Instructions to follow.
Tally up the lines below containing the string "Counts", then write the number alone.

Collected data

===

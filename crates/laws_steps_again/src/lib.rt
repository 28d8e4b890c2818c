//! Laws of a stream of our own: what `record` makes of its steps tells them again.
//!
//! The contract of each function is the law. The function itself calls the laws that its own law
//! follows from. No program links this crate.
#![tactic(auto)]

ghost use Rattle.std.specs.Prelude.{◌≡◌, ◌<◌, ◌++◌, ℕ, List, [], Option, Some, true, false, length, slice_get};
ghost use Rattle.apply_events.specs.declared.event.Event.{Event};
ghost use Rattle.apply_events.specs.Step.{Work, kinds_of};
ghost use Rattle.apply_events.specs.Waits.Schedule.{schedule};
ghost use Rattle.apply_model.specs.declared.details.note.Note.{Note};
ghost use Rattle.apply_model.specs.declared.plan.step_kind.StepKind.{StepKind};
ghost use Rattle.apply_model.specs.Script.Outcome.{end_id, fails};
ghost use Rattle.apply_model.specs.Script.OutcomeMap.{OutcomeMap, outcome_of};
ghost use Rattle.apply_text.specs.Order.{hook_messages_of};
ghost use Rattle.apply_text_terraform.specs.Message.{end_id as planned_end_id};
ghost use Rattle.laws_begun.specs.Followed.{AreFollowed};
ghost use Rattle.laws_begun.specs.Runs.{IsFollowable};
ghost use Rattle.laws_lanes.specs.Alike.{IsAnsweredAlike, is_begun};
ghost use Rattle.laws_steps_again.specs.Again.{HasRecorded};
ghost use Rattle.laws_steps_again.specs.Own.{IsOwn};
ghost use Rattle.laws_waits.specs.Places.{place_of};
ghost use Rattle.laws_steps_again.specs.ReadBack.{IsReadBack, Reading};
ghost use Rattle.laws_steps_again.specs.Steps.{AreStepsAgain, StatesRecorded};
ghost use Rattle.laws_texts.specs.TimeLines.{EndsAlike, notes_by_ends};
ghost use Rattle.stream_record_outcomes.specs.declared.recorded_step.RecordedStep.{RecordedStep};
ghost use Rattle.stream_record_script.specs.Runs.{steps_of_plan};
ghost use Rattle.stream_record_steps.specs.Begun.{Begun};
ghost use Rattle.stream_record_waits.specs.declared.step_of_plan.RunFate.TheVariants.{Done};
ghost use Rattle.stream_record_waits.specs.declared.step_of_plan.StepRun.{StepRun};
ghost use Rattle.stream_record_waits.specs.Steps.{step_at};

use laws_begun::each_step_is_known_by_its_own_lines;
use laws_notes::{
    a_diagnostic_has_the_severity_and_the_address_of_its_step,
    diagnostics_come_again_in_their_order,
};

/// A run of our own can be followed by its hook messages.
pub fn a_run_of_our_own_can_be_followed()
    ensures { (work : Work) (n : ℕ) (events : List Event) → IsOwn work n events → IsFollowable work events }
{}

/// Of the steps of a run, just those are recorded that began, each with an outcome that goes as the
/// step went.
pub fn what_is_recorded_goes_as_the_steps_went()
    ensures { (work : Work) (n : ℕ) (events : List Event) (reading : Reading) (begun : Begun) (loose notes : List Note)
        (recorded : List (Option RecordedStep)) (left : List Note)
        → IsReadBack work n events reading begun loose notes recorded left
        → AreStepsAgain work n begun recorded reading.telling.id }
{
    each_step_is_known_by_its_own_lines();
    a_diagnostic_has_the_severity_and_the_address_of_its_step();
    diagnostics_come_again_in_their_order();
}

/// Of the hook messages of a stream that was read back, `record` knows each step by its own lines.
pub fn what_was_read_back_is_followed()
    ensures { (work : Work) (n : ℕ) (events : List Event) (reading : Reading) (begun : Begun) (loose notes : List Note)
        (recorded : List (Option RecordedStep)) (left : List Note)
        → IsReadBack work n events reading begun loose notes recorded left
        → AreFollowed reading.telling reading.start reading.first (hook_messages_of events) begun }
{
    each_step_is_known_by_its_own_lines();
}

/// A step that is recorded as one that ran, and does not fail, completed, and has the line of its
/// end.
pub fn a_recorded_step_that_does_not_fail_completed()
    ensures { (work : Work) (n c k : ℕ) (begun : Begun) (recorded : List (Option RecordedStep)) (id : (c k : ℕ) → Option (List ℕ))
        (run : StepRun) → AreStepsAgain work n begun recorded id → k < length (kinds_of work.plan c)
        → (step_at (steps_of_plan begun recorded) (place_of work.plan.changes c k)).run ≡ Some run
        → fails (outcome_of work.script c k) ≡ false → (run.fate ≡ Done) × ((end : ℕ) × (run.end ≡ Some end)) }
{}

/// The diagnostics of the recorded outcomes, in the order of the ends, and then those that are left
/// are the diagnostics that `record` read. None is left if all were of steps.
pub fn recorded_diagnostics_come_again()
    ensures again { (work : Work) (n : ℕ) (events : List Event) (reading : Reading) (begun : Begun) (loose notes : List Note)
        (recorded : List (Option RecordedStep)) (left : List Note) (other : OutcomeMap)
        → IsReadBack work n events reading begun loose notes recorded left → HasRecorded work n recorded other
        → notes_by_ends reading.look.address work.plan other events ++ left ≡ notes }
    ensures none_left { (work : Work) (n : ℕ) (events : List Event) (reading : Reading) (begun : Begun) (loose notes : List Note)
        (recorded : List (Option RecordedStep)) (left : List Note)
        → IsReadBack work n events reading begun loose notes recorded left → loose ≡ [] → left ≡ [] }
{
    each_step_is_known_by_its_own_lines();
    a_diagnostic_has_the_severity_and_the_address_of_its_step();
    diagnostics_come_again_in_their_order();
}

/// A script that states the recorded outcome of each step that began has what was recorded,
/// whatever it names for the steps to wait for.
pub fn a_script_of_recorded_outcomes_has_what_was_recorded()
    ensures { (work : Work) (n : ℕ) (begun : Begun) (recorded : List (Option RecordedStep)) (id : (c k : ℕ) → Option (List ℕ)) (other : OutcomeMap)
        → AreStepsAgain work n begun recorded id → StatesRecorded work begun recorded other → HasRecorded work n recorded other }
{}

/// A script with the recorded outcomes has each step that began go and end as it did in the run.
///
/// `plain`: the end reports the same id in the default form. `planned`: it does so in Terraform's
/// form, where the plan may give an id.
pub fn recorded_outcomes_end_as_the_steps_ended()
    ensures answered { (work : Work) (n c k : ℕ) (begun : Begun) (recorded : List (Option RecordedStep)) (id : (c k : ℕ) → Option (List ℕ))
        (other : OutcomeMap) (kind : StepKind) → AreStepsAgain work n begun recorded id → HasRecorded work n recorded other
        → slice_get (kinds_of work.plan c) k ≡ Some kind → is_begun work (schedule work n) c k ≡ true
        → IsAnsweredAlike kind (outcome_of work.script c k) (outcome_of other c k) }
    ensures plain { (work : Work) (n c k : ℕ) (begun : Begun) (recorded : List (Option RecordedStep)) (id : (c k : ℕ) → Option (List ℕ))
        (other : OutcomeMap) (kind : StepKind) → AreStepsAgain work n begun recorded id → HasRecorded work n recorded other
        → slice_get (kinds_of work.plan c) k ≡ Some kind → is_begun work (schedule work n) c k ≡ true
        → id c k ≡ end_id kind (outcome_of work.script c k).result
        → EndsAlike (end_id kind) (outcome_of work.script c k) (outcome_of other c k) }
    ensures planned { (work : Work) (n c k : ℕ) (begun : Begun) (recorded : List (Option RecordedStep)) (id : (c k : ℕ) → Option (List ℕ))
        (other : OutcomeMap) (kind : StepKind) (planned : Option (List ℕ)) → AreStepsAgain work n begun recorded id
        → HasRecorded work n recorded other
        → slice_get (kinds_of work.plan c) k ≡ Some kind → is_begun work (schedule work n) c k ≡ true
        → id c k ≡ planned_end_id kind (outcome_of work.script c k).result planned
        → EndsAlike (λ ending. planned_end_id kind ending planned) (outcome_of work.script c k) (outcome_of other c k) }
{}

===

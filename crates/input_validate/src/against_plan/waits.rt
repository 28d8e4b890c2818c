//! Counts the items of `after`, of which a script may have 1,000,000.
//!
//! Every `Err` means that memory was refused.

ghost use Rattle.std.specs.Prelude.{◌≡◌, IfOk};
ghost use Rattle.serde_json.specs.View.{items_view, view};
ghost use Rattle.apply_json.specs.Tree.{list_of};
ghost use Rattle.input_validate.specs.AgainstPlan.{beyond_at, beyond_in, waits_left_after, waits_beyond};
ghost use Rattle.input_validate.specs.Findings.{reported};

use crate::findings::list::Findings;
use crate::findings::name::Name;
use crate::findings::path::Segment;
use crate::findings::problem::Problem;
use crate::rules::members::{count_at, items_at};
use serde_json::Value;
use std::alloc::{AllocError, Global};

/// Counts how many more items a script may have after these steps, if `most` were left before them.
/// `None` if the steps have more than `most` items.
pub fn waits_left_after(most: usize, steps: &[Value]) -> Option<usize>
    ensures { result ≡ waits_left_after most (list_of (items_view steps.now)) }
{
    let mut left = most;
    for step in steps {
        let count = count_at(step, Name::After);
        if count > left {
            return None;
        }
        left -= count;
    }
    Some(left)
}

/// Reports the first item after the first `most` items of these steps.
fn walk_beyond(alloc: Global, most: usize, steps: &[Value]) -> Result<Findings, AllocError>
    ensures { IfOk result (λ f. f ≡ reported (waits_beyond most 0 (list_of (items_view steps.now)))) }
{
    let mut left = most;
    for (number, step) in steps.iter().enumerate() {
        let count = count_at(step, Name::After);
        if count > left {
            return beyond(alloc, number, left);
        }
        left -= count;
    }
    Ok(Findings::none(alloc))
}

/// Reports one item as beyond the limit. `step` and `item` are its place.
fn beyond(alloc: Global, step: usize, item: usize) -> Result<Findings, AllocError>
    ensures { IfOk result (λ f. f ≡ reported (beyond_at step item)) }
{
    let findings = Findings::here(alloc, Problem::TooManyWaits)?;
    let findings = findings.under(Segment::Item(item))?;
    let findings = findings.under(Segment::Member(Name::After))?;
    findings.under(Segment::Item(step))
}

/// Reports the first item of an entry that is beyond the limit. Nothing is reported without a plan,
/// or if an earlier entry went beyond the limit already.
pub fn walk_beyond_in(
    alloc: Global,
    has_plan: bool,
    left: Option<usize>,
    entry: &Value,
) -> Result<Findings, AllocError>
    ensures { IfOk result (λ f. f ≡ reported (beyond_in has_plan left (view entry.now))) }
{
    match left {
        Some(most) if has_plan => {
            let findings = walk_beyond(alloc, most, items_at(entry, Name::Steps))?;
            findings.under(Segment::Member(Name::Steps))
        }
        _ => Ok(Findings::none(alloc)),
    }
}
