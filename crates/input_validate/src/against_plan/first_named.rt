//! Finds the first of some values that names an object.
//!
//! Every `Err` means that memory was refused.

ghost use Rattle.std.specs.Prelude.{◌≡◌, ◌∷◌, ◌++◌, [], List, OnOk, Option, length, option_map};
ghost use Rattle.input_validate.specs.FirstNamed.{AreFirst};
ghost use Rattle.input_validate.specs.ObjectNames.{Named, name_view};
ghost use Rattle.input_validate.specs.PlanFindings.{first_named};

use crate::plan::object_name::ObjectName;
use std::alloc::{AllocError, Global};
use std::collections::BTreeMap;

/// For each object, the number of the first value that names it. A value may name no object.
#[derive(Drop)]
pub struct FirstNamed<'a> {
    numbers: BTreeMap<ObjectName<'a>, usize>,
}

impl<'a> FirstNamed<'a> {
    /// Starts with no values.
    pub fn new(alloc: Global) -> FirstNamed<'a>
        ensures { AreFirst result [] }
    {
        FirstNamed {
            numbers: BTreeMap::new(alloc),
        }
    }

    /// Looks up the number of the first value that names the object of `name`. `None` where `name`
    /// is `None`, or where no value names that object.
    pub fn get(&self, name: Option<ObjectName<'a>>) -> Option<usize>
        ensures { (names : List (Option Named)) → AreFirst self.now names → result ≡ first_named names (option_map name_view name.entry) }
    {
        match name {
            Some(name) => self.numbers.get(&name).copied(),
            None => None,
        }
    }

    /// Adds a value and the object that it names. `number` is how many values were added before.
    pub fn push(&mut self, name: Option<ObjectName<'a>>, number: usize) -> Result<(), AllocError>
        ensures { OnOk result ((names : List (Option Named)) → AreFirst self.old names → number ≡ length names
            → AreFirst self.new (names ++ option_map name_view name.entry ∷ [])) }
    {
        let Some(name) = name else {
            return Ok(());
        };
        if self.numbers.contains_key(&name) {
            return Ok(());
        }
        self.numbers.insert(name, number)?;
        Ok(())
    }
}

===

Response area.
2